まさるのビジネス雑記帳

勉強ノート代わりに書いています。

親会社による子会社コントロール

2010-09-23 22:03:40 | 企業一般

  親会社と子会社の定義は、法2条にありますね。法務省令の定めに従い経営を支配している会社が親会社で支配されているほうが子会社ですね。これを受けて施行規則3条に財務及び事業の方針の決定を支配している」会社が親会社で、支配されている会社が子会社と定義しています。即ち「経営」=「財務及び事業の方針の決定」とでも言いたいような感じですが、言葉の言い換えとしては如何ですかね。事業の方針等は、親会社が、子会社役員を指名したり、その事業を定めたりして支配しますね。「財務を支配」というのは、よくわかりませんね。確かに親会社は資本金を払い込んでくれますけど、払込が済めば、別に子会社独自の財務ですね。勿論、親会社が親子ローンで子会社の面倒を追加で見るという義務も無いですし、別に財務を支配しないケースも多いと思いますけど、変な事言っていると思いますね。まあ、定款の規定で一定額以上の投融資のときは、総会での承認ということにすれば、財務・事業の方針は親会社に支配されているといえますが。「経営の支配」とは、「人(役員選任等)・物(取引等)・金(資本金等)・情報・技術等により、その会社の方針・運営を支配すること」というのが私の定義です。

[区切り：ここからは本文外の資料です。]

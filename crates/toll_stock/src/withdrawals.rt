//! Shipments and scrapping.
ghost use Rattle.std.specs.Prelude.{◌≡◌, IfOk};
ghost use Rattle.toll_stock.specs.Common.{changes_of, KeepsRules, moves, Decides, DecisionKeepsRules, verdict_of_result, PutsOnly, facts_of, Checks, verdict_of_checks, ship_checks};
ghost use Rattle.toll_base.specs.declared.movement.Move.TheVariants as Move;
ghost use Rattle.toll_stock.specs.Plans.{IsWithdrawalPlan};

use crate::movements::{check_enough, check_taking, decide_movement};
use std::alloc::{AllocError, Global};
use toll_base::{
    Amount, Change, Day, Decision, Disposition, Move, MoveRow, Name, Refusal, Row, Slice,
};
use toll_history::sublot_losing;

/// Ships an amount from a sublot of a released lot.
///
/// A known key with equal content is repeated, or [`Refusal::Voided`], with other content
/// [`Refusal::KeyConflict`]. Then [`Refusal::UnknownLot`], [`Refusal::UnknownSublot`],
/// [`Refusal::NotReleased`], [`Refusal::NotEnough`], and [`Refusal::LimitReached`] at 20,000
/// movements. It fails only if memory runs out.
pub fn ship(
    alloc: Global,
    slice: &Slice,
    key: Name,
    lot: Name,
    sublot: Name,
    amount: Amount,
    day: Day,
) -> Result<Decision, AllocError>
    ensures decides { IfOk result
        (Decides (moves slice.now.owner key (Move.Ship lot sublot) amount day) slice.now) }
    ensures rules { IfOk result (DecisionKeepsRules slice.now) }
    ensures own { IfOk result (λ d. PutsOnly slice.now.owner (changes_of d)) }
{
    let row = MoveRow {
        key,
        what: Move::Ship { lot, sublot },
        amount,
        day,
    };
    let checked = check_shipment(slice, &lot, &sublot, amount);
    plan_withdrawal(alloc, slice, &row, lot, sublot, checked)
}

/// Scraps an amount from a sublot, whatever its lot's disposition.
///
/// A known key with equal content is repeated, or [`Refusal::Voided`], with other content
/// [`Refusal::KeyConflict`]. Then [`Refusal::UnknownLot`], [`Refusal::UnknownSublot`],
/// [`Refusal::NotEnough`], and [`Refusal::LimitReached`] at 20,000 movements. It fails only if memory runs
/// out.
pub fn scrap(
    alloc: Global,
    slice: &Slice,
    key: Name,
    lot: Name,
    sublot: Name,
    amount: Amount,
    day: Day,
) -> Result<Decision, AllocError>
    ensures decides { IfOk result
        (Decides (moves slice.now.owner key (Move.Scrap lot sublot) amount day) slice.now) }
    ensures rules { IfOk result (DecisionKeepsRules slice.now) }
    ensures own { IfOk result (λ d. PutsOnly slice.now.owner (changes_of d)) }
{
    let row = MoveRow {
        key,
        what: Move::Scrap { lot, sublot },
        amount,
        day,
    };
    let checked = check_taking(slice, &lot, &sublot, amount);
    plan_withdrawal(alloc, slice, &row, lot, sublot, checked)
}

fn plan_withdrawal(
    alloc: Global,
    slice: &Slice,
    row: &MoveRow,
    lot: Name,
    sublot: Name,
    checked: Result<(), Refusal>,
) -> Result<Decision, AllocError>
    ensures plan { (checks : Checks) → verdict_of_result checked ≡ verdict_of_checks checks
        → IfOk result (IsWithdrawalPlan checks slice.now row.now lot sublot) }
    ensures kept { KeepsRules slice.now }
{
    let owner = *slice.owner();
    let left = sublot_losing(slice, lot, sublot, row.amount);
    let changes = [
        Change::Put(owner, Row::Move(*row)),
        Change::Put(owner, Row::Sublot(left)),
    ];
    decide_movement(alloc, slice, row, checked, &changes)
}

fn check_shipment(slice: &Slice, lot: &Name, sublot: &Name, amount: Amount) -> Result<(), Refusal>
    ensures { verdict_of_result result
        ≡ verdict_of_checks (ship_checks (facts_of slice.now) lot.now sublot.now amount) }
{
    let Some(known) = slice.lot(lot) else {
        return Err(Refusal::UnknownLot);
    };
    if slice.sublot(lot, sublot).is_none() {
        return Err(Refusal::UnknownSublot);
    }
    if !matches!(known.disposition, Disposition::Released) {
        return Err(Refusal::NotReleased);
    }
    check_enough(slice, lot, sublot, amount)
}
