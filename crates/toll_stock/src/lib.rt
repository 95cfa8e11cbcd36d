//! Materials, lots and stock: the decisions on commands about material.
#![tactic(auto)]

mod dispositions;
mod lot_rows;
mod material_tests;
mod materials;
mod movements;
mod receipts;
mod results;
mod shipped;
mod splits;
mod stock;
mod totals;
mod totals_of_lots;
mod withdrawals;

pub use dispositions::{reject, release};
pub use lot_rows::{results_of, sublots_of};
pub use material_tests::add_test;
pub use materials::add_material;
pub use receipts::receive;
pub use results::record_result;
pub use splits::split;
pub use stock::{Totals, on_hand, on_hand_of};
pub use totals::lot_totals;
pub use totals_of_lots::LotTotals;
pub use withdrawals::{scrap, ship};
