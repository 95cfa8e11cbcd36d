//! Receipts.
ghost use Rattle.std.specs.Prelude.{◌≡◌, IfOk};
ghost use Rattle.toll_stock.specs.Common.{changes_of, KeepsRules, moves, Decides, DecisionKeepsRules, verdict_of_result, PutsOnly, facts_of, verdict_of_checks};
ghost use Rattle.toll_base.specs.declared.movement.Move.TheVariants as Move;
ghost use Rattle.toll_stock.specs.Plans.{IsReceiptPlan, received_checks};

use crate::movements::decide_movement;
use std::alloc::{AllocError, Global};
use toll_base::{
    Amount, Change, Day, Decision, Disposition, LotRow, MOST_LOTS, MOST_MOVEMENTS, Move, MoveRow,
    Name, Origin, Refusal, Row, Slice,
};
use toll_history::{has_room_in, sublot_gaining};

/// Receives an amount of a material into a sublot, new or known, of a lot that is new, or of this
/// material, from receipts and quarantined.
///
/// A known key with equal content is repeated, or [`Refusal::Voided`], with other content
/// [`Refusal::KeyConflict`]. Then [`Refusal::UnknownMaterial`]; for a known lot
/// [`Refusal::WrongOrigin`], [`Refusal::WrongMaterial`] and [`Refusal::NotQuarantined`]; then
/// [`Refusal::LimitReached`] at [`MOST_MOVEMENTS`] movements or [`MOST_LOTS`] lots. It fails only if memory
/// runs out.
pub fn receive(
    alloc: Global,
    slice: &Slice,
    key: Name,
    material: Name,
    lot: Name,
    sublot: Name,
    amount: Amount,
    day: Day,
) -> Result<Decision, AllocError>
    ensures decides { IfOk result (Decides
        (moves slice.now.owner key (Move.Receive material lot sublot) amount day) slice.now) }
    ensures rules { IfOk result (DecisionKeepsRules slice.now) }
    ensures own { IfOk result (λ d. PutsOnly slice.now.owner (changes_of d)) }
{
    let row = MoveRow {
        key,
        what: Move::Receive {
            material,
            lot,
            sublot,
        },
        amount,
        day,
    };
    plan_receipt(alloc, slice, &row, material, lot, sublot)
}

fn plan_receipt(
    alloc: Global,
    slice: &Slice,
    row: &MoveRow,
    material: Name,
    lot: Name,
    sublot: Name,
) -> Result<Decision, AllocError>
    ensures plan { IfOk result (IsReceiptPlan slice.now row.now material lot sublot) }
    ensures kept { KeepsRules slice.now }
{
    let owner = *slice.owner();
    let checked = check_receipt(slice, &material, &lot, &sublot, row.amount);
    let lot_row = LotRow {
        lot,
        material,
        origin: Origin::Receipts,
        disposition: Disposition::Quarantined,
    };
    let sublot_row = sublot_gaining(slice, lot, sublot, row.amount);
    let changes = [
        Change::Put(owner, Row::Move(*row)),
        Change::Put(owner, Row::Lot(lot_row)),
        Change::Put(owner, Row::Sublot(sublot_row)),
    ];
    decide_movement(alloc, slice, row, checked, &changes)
}

fn check_receipt(
    slice: &Slice,
    material: &Name,
    lot: &Name,
    sublot: &Name,
    amount: Amount,
) -> Result<(), Refusal>
    ensures { verdict_of_result result ≡ verdict_of_checks (received_checks
        (facts_of slice.now) material.now lot.now sublot.now amount) }
{
    if slice.material(material).is_none() {
        return Err(Refusal::UnknownMaterial);
    }
    if let Some(known) = slice.lot(lot) {
        if !matches!(known.origin, Origin::Receipts) {
            return Err(Refusal::WrongOrigin);
        }
        if known.material != *material {
            return Err(Refusal::WrongMaterial);
        }
        if !matches!(known.disposition, Disposition::Quarantined) {
            return Err(Refusal::NotQuarantined);
        }
    } else if slice.lots().len() >= MOST_LOTS {
        return Err(Refusal::LimitReached);
    }
    if slice.moves().len() >= MOST_MOVEMENTS || !has_room_in(slice, lot, sublot, amount) {
        return Err(Refusal::LimitReached);
    }
    Ok(())
}
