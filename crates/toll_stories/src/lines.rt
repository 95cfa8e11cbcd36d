//! Lines of what is asked, and what is said to each.
use crate::chapters::{Exchange, exchanges_of};
use crate::commands::plant_cmd;
use crate::fakes::read_pieces;
use crate::http::{reply_said, request_of};
use crate::said::{plant_said, said_text};
use std::alloc::{AllocError, Global};
use std::test::Fail;
use toll_desk::plant_do;
use toll_keep::{Keep, MemKeep};
use toll_plant::{import_actuals, import_text};
use toll_wire::answer;

/// The first record of a file of actuals, with its line end.
pub const HEADER: &str =
    "key,owner,order,batch,segment,use,material,lot_owner,lot,sublot,amount,day\n";

/// What is said to the line. An `Err` means that there was no memory.
///
/// An owner's line begins with `>`, its name and its key, and then has the method, the target and, if there is
/// one, the body; what is said to it is the status and the body of the reply. A file of actuals follows `file`,
/// and the records of one, without its header, follow `records`. Each other line has the plant's words, to which
/// `unread` is said if they are no command's.
pub fn say<K: Keep>(alloc: Global, keep: &mut K, line: &str) -> Result<String, AllocError> {
    match line.split_once(' ') {
        Some((">", _)) => say_to_owner(alloc, keep, line),
        Some(("file", file)) => say_to_file(alloc, keep, file.as_bytes()),
        Some(("records", records)) => say_to_records(alloc, keep, records),
        _ => say_to_plant(alloc, keep, line),
    }
}

// The request comes in pieces, all of it.
fn say_to_owner<K: Keep>(alloc: Global, keep: &mut K, line: &str) -> Result<String, AllocError> {
    let Some(bytes) = request_of(alloc, line)? else {
        return String::from_str(alloc, "unread");
    };
    match read_pieces(alloc, &bytes, 7, false) {
        Ok(came) if came.as_slice() == bytes.as_slice() => {
            reply_said(alloc, answer(alloc, keep, &came).bytes())
        }
        _ => String::from_str(alloc, "unread"),
    }
}

fn say_to_records<K: Keep>(
    alloc: Global,
    keep: &mut K,
    records: &str,
) -> Result<String, AllocError> {
    let file = format!(in alloc; "{HEADER}{records}")?;
    say_to_file(alloc, keep, file.as_bytes())
}

fn say_to_plant<K: Keep>(alloc: Global, keep: &mut K, line: &str) -> Result<String, AllocError> {
    let words: Vec<&str> = line.split(' ').collect(alloc)?;
    match plant_cmd(alloc, &words)? {
        Some(command) => plant_said(alloc, &plant_do(alloc, keep, &command)),
        None => String::from_str(alloc, "unread"),
    }
}

/// What is said to a file of actuals: the text of its import, or the word of the fault.
pub fn say_to_file<K: Keep>(
    alloc: Global,
    keep: &mut K,
    file: &[u8],
) -> Result<String, AllocError> {
    match import_actuals(alloc, keep, file) {
        Ok(report) => {
            let text = import_text(alloc, &report)?;
            said_text(alloc, &text)
        }
        Err(fault) => format!(in alloc; "{fault}"),
    }
}

/// Whether a chapter's replies are just those that it has, over this keep. An `Err` means that there was no
/// memory.
pub fn are_said<K: Keep>(alloc: Global, keep: &mut K, chapter: &str) -> Result<bool, AllocError> {
    for exchange in &exchanges_of(alloc, chapter)? {
        if say(alloc, keep, exchange.request.as_str())?.as_str() != exchange.reply() {
            return Ok(false);
        }
    }
    Ok(true)
}

// Fails with the reply, if that isn't the wanted one.
fn check_exchange<K: Keep>(alloc: Global, keep: &mut K, exchange: &Exchange) -> Result<(), Fail> {
    let request = exchange.request.as_str();
    let said = say(alloc, keep, request)?;
    if said.as_str() == exchange.reply() {
        return Ok(());
    }
    Err(format!(in alloc; "{request}: {said}")?.into())
}

/// Fails if one of a chapter's replies is another one, over this keep.
pub fn check_chapter<K: Keep>(alloc: Global, keep: &mut K, chapter: &str) -> Result<(), Fail> {
    for exchange in &exchanges_of(alloc, chapter)? {
        check_exchange(alloc, keep, exchange)?;
    }
    Ok(())
}

/// The same along chapters.
pub fn check_said_over<K: Keep>(
    alloc: Global,
    keep: &mut K,
    chapters: &[&str],
) -> Result<(), Fail> {
    for chapter in chapters {
        check_chapter(alloc, keep, chapter)?;
    }
    Ok(())
}

/// The same over an empty office that is kept in lists.
pub fn check_said(alloc: Global, chapters: &[&str]) -> Result<(), Fail> {
    check_said_over::<MemKeep>(alloc, &mut MemKeep::new(alloc), chapters)
}
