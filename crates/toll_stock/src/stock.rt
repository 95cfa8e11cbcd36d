//! What is on hand.
ghost use Rattle.std.specs.Prelude.{◌≡◌};
ghost use Rattle.toll_stock.specs.Common.{option_map, pair_cmp, lot_id, sublot_at, IsInKeyOrder, on_hand, History, stock, IsRowsOf, IsLawful};
ghost use Rattle.toll_stock.specs.LotTotals.{stock_given, on_hand_in};

use crate::lot_rows::sublots_of;
use toll_base::{Name, Slice};

/// How much of a lot is on hand, and how much was shipped, in the measure of its material.
#[derive(Clone, Copy, PartialEq, Eq)]
pub struct Totals {
    /// What was received and produced, less what was consumed, shipped and scrapped. A split keeps
    /// it.
    pub on_hand: u64,
    /// What was shipped.
    pub shipped: u64,
}

/// How much is in the sublot, in the measure of the lot's material; `None` if the owner has no such sublot.
/// Only tests call it.
pub fn on_hand(slice: &Slice, lot: &Name, sublot: &Name) -> Option<u64>
    ensures rows { result
        ≡ option_map (λ row. row.amount) (sublot_at slice.now (lot.now, sublot.now)) }
    ensures stock { (H : History) → IsRowsOf H slice.now
        → result ≡ stock_given H (lot_id slice.now.owner lot.now) sublot.now }
{
    amount_at(slice, lot, sublot)
}

fn amount_at(slice: &Slice, lot: &Name, sublot: &Name) -> Option<u64>
    ensures { result ≡ option_map (λ row. row.amount) (sublot_at slice.now (lot.now, sublot.now)) }
{
    match slice.sublot(lot, sublot) {
        None => None,
        Some(row) => Some(row.amount),
    }
}

/// How much of a lot is on hand: the sum of its sublots, in the measure of its material; 0 if the
/// owner has no such lot. It takes no memory, and looks at the lot's sublots alone.
pub fn on_hand_of(slice: &Slice, lot: &Name) -> u64
    ensures rows { result ≡ on_hand_in slice.now lot.now }
    ensures amount { (H : History) → IsLawful H → IsRowsOf H slice.now
        → result ≡ on_hand H (lot_id slice.now.owner lot.now) }
{
    sum_of_sublots(slice, lot)
}

// What is in the lot's sublots.
fn sum_of_sublots(slice: &Slice, lot: &Name) -> u64
    ensures sum { result ≡ on_hand_in slice.now lot.now }
    ensures key_order { IsInKeyOrder pair_cmp (λ row. (row.lot, row.sublot)) slice.now.sublots }
{
    // For the proof: the amounts of rows that keep the rules fit.
    let _owner = slice.owner();
    let rows = sublots_of(slice, lot);
    let mut sum: u64 = 0;
    for row in rows {
        sum += row.amount;
    }
    sum
}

○ 会社法444条1項では、「会計監査人設置会社は、法務省令で定めるところにより、各事業年度に係る連結計算書類を作成することができる。」とし、3項では「大会社であって証券取引法第24条第1項の規定により有価証券報告書を内閣総理大臣に提出しなければならないものは、当該事業年度に係る連結計算書類を作成しなければならない。」としています。即ち、親会社は子会社の分もまとめて、連結計算書類を作りなさいと言っています。

○ 一方、会社法の内部統制は、348条(取締役の業務執行)3項及び362条(取締役会の権限等)で「取締役の職務の執行が法令及び定款に適合することを確保するための体制その他株式会社の業務の適正を確保するために必要なものとして法務省令(施行規則1001項)で定める体制の整備」を求めています。親会社・子会社等企業グループ一体の内容統制とは言っていません。会社法は単体の会社を扱っていますからね。

  上場会社は、①業務の有効性及び効率性、②財務報告の信頼性、③法令等の遵守、④資産の保全を目的として、会社によって遂行される一連の手続きとしての内部統制を行い、その報告書を提出しなければなりません(金商法24条の441項)。有価証券報告書の財務報告は連結財務諸表と提出会社の財務諸表の両方が掲載されますが、「財務報告の信頼性」という視点では、連結財務諸表重視ですから、有価証券報告書では「提出会社の状況」の部分を除けば、連結情報中心に継続開示義務(開示府令3号様式)を果たすことになりますね。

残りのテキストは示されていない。